Whether you`re Google`s search engine, which serves a billion active monthly users who interact for free with your service, or Salesforce with 3.75 million paying subscribers, building a technology product means serving people. At Google, we distinguish between an SLO and a Service Level Contract (SLA). An ALS usually involves a promise made to someone who uses your service that its SLO availability should meet a certain level for a certain period of time, and if it does not, some kind of fine is paid. This may be a partial refund of the service subscription fee paid by customers for this period or an additional subscription added free of charge. The concept is that the exit of the SLO will hurt the service team, so they will insist on staying within the SLO. If you spend money on your customers` hands, you`ll probably need ALS. Service availability: The time available to use the service. This can be measured using the time window, z.B 99.5% availability between hours 8 a.m. and 6 p.m. and more or less availability at other times. E-commerce processes are generally extremely aggressive. 99.999 percent operating time is an unusual requirement for a website that generates millions of dollars per hour.

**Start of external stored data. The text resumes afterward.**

//! Laws of the lanes that recovery hands out: the functions do nothing, and their contracts are the laws.
ghost use Rattle.std.specs.Prelude.{◌≡◌, [], ℕ, List, Option, Some, None, map, nat_eq, true};
ghost use Rattle.std.specs.List.{AllByRecursion, list_any};
ghost use Rattle.qq_base.specs.declared.ids.QueueId.{QueueId};
ghost use Rattle.qq_log.specs.Carries.{is_listed};
ghost use Rattle.qq_log.specs.declared.lane.Lane.{Lane};
ghost use Rattle.qq_log.specs.Log.{last_of, log_of};
ghost use Rattle.qq_log.specs.Stable.{Stable, last_index};
ghost use Rattle.qq_wal_chain.specs.Lanes.{Lanes};
ghost use Rattle.qq_recover.specs.Lanes.{AreLanes};
ghost use Rattle.qq_recover.specs.Recovered.{IsLaneFor};
ghost use Rattle.qq_recover.specs.State.{IsPlainLaneOf};
ghost use Rattle.qq_disk_pins.specs.Told.{IsTold};

/// What a queue's lane tells.
///
/// - `none`, `some`: a queue without ops has none, and each other one has its own.
/// - `state`: all of the queue's state, each entry of its log among it. As there are neither snapshots nor
///   segments it has no snapshot's bytes and no places.
/// - `log`: so the log that is made of it ends where the state's does.
pub fn a_lane_tells_its_state()
    ensures none { (id : QueueId) (found : Option Lane) → IsLaneFor id None found → found ≡ None }
    ensures some { (id : QueueId) (state : Stable) (found : Option Lane) →
        IsLaneFor id (Some state) found → (lane : Lane) × (found ≡ Some lane)
        × (lane.queue ≡ id) × IsPlainLaneOf state lane }
    ensures state { (state : Stable) (lane : Lane) → IsPlainLaneOf state lane →
        (lane.op ≡ state.op) × (lane.term ≡ state.term) × (lane.vote ≡ state.vote)
        × (lane.base ≡ state.base) × (map Some lane.entries ≡ state.log)
        × (state.segments ≡ []) × (lane.shadow ≡ None) × (lane.places ≡ []) }
    ensures log { (state : Stable) (lane : Lane) (room : ℕ) → IsPlainLaneOf state lane →
        last_of (log_of lane room) ≡ last_index state }
{}

/// The lanes that `inspect` answers.
///
/// - `told`: each tells the state of its queue.
/// - `every`: each listed queue with ops has one.
pub fn each_queue_with_ops_has_its_lane()
    ensures told { (queues : List QueueId) (lanes : Lanes) (list : List Lane) →
        AreLanes queues lanes list → AllByRecursion (IsTold lanes) list }
    ensures every { (queues : List QueueId) (lanes : Lanes) (list : List Lane) (id : QueueId)
        (state : Stable) → AreLanes queues lanes list → is_listed queues id ≡ true →
        lanes id.0 ≡ Some state →
        list_any (λ (lane : Lane). nat_eq lane.queue.0 id.0) list ≡ true }
{}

Define carefully. A supplier can optimize ALS definitions to ensure they are met. For example, the Incident Response Time measure is designed to ensure that the provider corrects an incident within a minimum of minutes. However, some providers can complete ALS 100% by providing an automated response to an incident report. Customers should clearly define ALS so that they represent the intent of the level of service. Since your original article was published, we`ve made a few Stackdriver updates that make it even easier for you to integrate SLIs into your Google Cloud Platform (GCP) workflows. You can now combine your internal SLIs with the GCP SLIs you use, all in the same Stackdriver monitoring board. On Next `18, Spotlight`s session with Ben Treynor and Snapchat will show how Snap uses its dashboard to get an overview of what`s important to its customers and directly attribute it to the information it receives from GCP to get a detailed overview of the customer experience. IT outsourcing agreements, in which the remuneration of service providers is linked to the results obtained, have gained popularity, with companies developing from time and pure materials or full-time price models. Multi-stage ALS – ALS is divided into different levels, with each client being referred to the same services in the same ALS. The concept of SRE begins with the idea that metrics should be closely linked to business objectives.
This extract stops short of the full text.